A team of Oxford researchers led by Associate Professor Dr. Luke Parry uncovered a 450-million-year-old arthropod from a fossil preserved in fool’s gold. This discovery is significant as it helps settle an ongoing debate among palaeontologists about the development of appendages at the front of arthropods’ heads.
An arthropod is an animal with no internal skeleton and the fossil is a distant relative of spiders and scorpions. The fossil, named Lomankus edgecombei and originally discovered in New York, provides strong support for the hypothesis that the appendages found on the heads of ancient megacheirans did evolve into appendages found on modern arthropods. It also reveals that megacheirans, a group of arthropods, lived much longer than previously thought.

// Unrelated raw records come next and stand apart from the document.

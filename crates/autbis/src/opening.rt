//! Opens the files of a job (the task that the command line asks for). The input files are opened first, and then the
//! hide list, which is a file with the labels to hide.
ghost use Rattle.std.specs.Prelude.{◌≡◌, ◌≤◌, ◌+◌, ◌-◌, [], ◌∷◌, IfSome, IfOk, IfErr, OnOk, MatchResult, Some};
ghost use Rattle.std.specs.Prelude.{option_map, option_to_list, string_bytes};
ghost use Rattle.autbis.specs.Files.{HasAll, IsRefused, files_used};
ghost use Rattle.autbis.specs.Jobs.{HidesNamed, IsGivenUp, files_of, hide_of, texts_of};
ghost use Rattle.autbis.specs.Opened.{AreOpened, HasOneFailed, HaveNotFailed, IsOpened, OnlyCloses, count_of};

use crate::opener::Opener;
use crate::reports::{cannot_open, report};
use arguments::Job;
use autfmt::{Hidden, read_hidden};
use std::alloc::Global;
use std::io::Write;

/// The inputs of a job (the task that the command line asks for), after their files have been opened.
#[derive(Drop)]
pub enum Texts<File> {
    /// The job is to minimise the system in standard input.
    Input,
    /// The job is to minimise the system in this file.
    One(File),
    /// The job is to compare the systems in these two files.
    Two(File, File),
}

/// The inputs of a job (the task that the command line asks for) after their files have been opened, and the labels of
/// the hide list, which is a file with the labels to hide.
#[derive(Drop)]
pub struct Opened<File> {
    pub texts: Texts<File>,
    pub hidden: Hidden,
}

/// The exit status of a job (the task that the command line asks for) that ended early. An error message has already
/// been written.
#[derive(Clone, Copy)]
pub struct GivenUp {
    pub status: u8,
}

/// Opens the inputs of the job (the task that the command line asks for). Then the function opens, reads and closes the
/// hide list, which is a file with the labels to hide. If a file cannot be opened, the function opens no other file
/// after it. The function writes error messages to `e`.
///
/// # Errors
///
/// The result is an error if the job ends early. In this case, all files have been closed. The exit status in the error
/// is 2 if the hide list is incorrect, 4 if memory ran out, and 5 if a file cannot be opened or the hide list cannot be
/// read.
pub fn open_job<F: Opener, E: Write>(
    alloc: Global,
    job: &Job,
    files: &mut F,
    e: &mut E,
) -> Result<Opened<F::File>, GivenUp>
    requires sound { F.failures files.old ≡ 0 }
    ensures opened { IfOk result (IsOpened F.File.rest F.File.failures
        (files_used F.holds F.opened F.failures F.lost files.old files.new) job.now) }
    ensures given_up { IfErr result (λ given_up.
        IsGivenUp (files_used F.holds F.opened F.failures F.lost files.old files.new)
        (files_of job.now) (hide_of job.now) given_up.status) }
    ensures unclosed { MatchResult result
        (λ opened. F.unclosed files.new ≤ F.unclosed files.old + count_of opened.texts)
        (λ _. F.unclosed files.new ≤ F.unclosed files.old) }
    ensures silent { OnOk result (e.new ≡ e.old) }
{
    let texts = open_texts(job, files, e)?;
    let (Job::Min { hide, .. } | Job::Cmp { hide, .. }) = job;
    match hidden_of(alloc, files, hide, e) {
        Ok(hidden) => Ok(Opened { texts, hidden }),
        Err(given_up) => {
            close_texts(files, texts);
            Err(given_up)
        }
    }
}

/// Opens the inputs of a job (the task that the command line asks for). If an input cannot be opened, the job ends
/// early with the exit status 5, and the inputs that have already been opened are closed.
fn open_texts<F: Opener, E: Write>(
    job: &Job,
    files: &mut F,
    e: &mut E,
) -> Result<Texts<F::File>, GivenUp>
    requires sound { F.failures files.old ≡ 0 }
    ensures texts { IfOk result
        (AreOpened F.File.rest F.File.failures (F.holds files.old) job.now) }
    ensures order { let used = files_used F.holds F.opened F.failures F.lost files.old files.new in
        MatchResult result (λ _. HasAll used (texts_of job.now))
        (λ given_up. IsRefused used (texts_of job.now) given_up.status) }
    ensures none_lost { F.lost files.new ≡ F.lost files.old }
    ensures unclosed { MatchResult result
        (λ texts. F.unclosed files.new ≤ F.unclosed files.old + count_of texts)
        (λ _. F.unclosed files.new ≤ F.unclosed files.old) }
    ensures silent { OnOk result (e.new ≡ e.old) }
{
    match job {
        Job::Min { file: None, .. } => Ok(Texts::Input),
        Job::Min {
            file: Some(name),
            ..
        } => Ok(Texts::One(open_named(files, name.as_str(), e)?)),
        Job::Cmp { first, second, .. } => {
            let first = open_named(files, first.as_str(), e)?;
            match open_named(files, second.as_str(), e) {
                Ok(second) => Ok(Texts::Two(first, second)),
                Err(given_up) => {
                    files.close(first);
                    Err(given_up)
                }
            }
        }
    }
}

/// Opens the file `name`. If the file cannot be opened, the function writes a message to `e` (the stream for error
/// messages), and returns the exit status 5.
fn open_named<F: Opener, E: Write>(files: &mut F, name: &str, e: &mut E) -> Result<F::File, GivenUp>
    requires sound { F.failures files.old ≡ 0 }
    ensures file { IfOk result (λ file. F.File.failures file ≡ 0) }
    ensures bytes { IfSome (F.holds files.old name.now) (λ bytes.
        IfOk result (λ file. F.File.rest file ≡ Some bytes)) }
    ensures order { let used = files_used F.holds F.opened F.failures F.lost files.old files.new in
        MatchResult result (λ _. HasAll used (name.now ∷ []))
        (λ given_up. IsRefused used (name.now ∷ []) given_up.status) }
    ensures none_lost { F.lost files.new ≡ F.lost files.old }
    ensures unclosed { MatchResult result (λ _. F.unclosed files.new ≤ F.unclosed files.old + 1)
        (λ _. F.unclosed files.new ≤ F.unclosed files.old) }
    ensures silent { OnOk result (e.new ≡ e.old) }
{
    match files.open(name) {
        Ok(file) => Ok(file),
        Err(_) => Err(GivenUp {
            status: cannot_open(name, e),
        }),
    }
}

/// Opens, reads and closes the hide list, which is the file `hide` with the labels to hide. The result contains the
/// labels of the hide list. If `hide` is `None`, there is no hide list, and the result is empty. The possible errors
/// are the errors of `open_job`.
fn hidden_of<F: Opener, E: Write>(
    alloc: Global,
    files: &mut F,
    hide: &Option<String>,
    e: &mut E,
) -> Result<Hidden, GivenUp>
    requires sound { F.failures files.old ≡ 0 }
    ensures labels { IfOk result
        (HidesNamed (F.holds files.old) (option_map string_bytes hide.now)) }
    ensures all { OnOk result (HasAll
        (files_used F.holds F.opened F.failures F.lost files.old files.new)
        (option_to_list (option_map string_bytes hide.now))) }
    ensures none_lost { OnOk result (F.lost files.new ≡ F.lost files.old) }
    ensures given_up { let name = option_map string_bytes hide.now in IfErr result (λ given_up.
        IsGivenUp (files_used F.holds F.opened F.failures F.lost files.old files.new)
        (option_to_list name) name given_up.status) }
    ensures unclosed { F.unclosed files.new ≤ F.unclosed files.old }
    ensures silent { OnOk result (e.new ≡ e.old) }
{
    let Some(name) = hide else {
        return Ok(Hidden::none(alloc));
    };
    let mut file = open_named(files, name.as_str(), e)?;
    let labels = read_hidden(alloc, &mut file);
    files.close(file);
    match labels {
        Ok(hidden) => Ok(hidden),
        Err(fault) => Err(GivenUp {
            status: report(&fault, name.as_str(), e),
        }),
    }
}

/// Closes the input files of a job (the task that the command line asks for).
pub fn close_texts<F: Opener>(files: &mut F, texts: Texts<F::File>)
    ensures sound { HaveNotFailed F.File.failures texts → F.lost files.new ≡ F.lost files.old }
    ensures lost { HasOneFailed F.File.failures texts → F.lost files.new ≡ 1 }
    ensures unclosed { F.unclosed files.new ≡ F.unclosed files.old - count_of texts }
    ensures others { OnlyCloses
        (files_used F.holds F.opened F.failures F.lost files.old files.new) }
{
    match texts {
        Texts::Input => {}
        Texts::One(file) => files.close(file),
        Texts::Two(first, second) => {
            files.close(first);
            files.close(second);
        }
    }
}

Dr. Parry told Cherwell he initially chose to do a three-dimensional CT scan of the fossil, housed in Yale’s Peabody Museum, because he believed the iron pyrite – also known as fool’s gold – preservation would yield exceptional scan results. Only after analysing the data did he realise the fossil was a new species: “It’s very similar in form to a Cambrian animal called Leanchoilia, but it’s rather fearsome-looking three claws weren’t present in earlier fossils, suggesting the appendage likely served a different function.”
Emphasising the rarity of a 3D fossil, Parry told Cherwell that the majority of fossils from the Cambrian and Ordovician periods (around 540-440 million years ago) are flattened during fossilisation. The soft, shrimp-like Lomankus would normally decay within days, but it survived thanks to a unique combination of conditions where “everything was just right”.
Parry notes that further research could involve making 3D models to study how the appendages would have functioned and is “sure there are lots of new discoveries to come” from this discovery.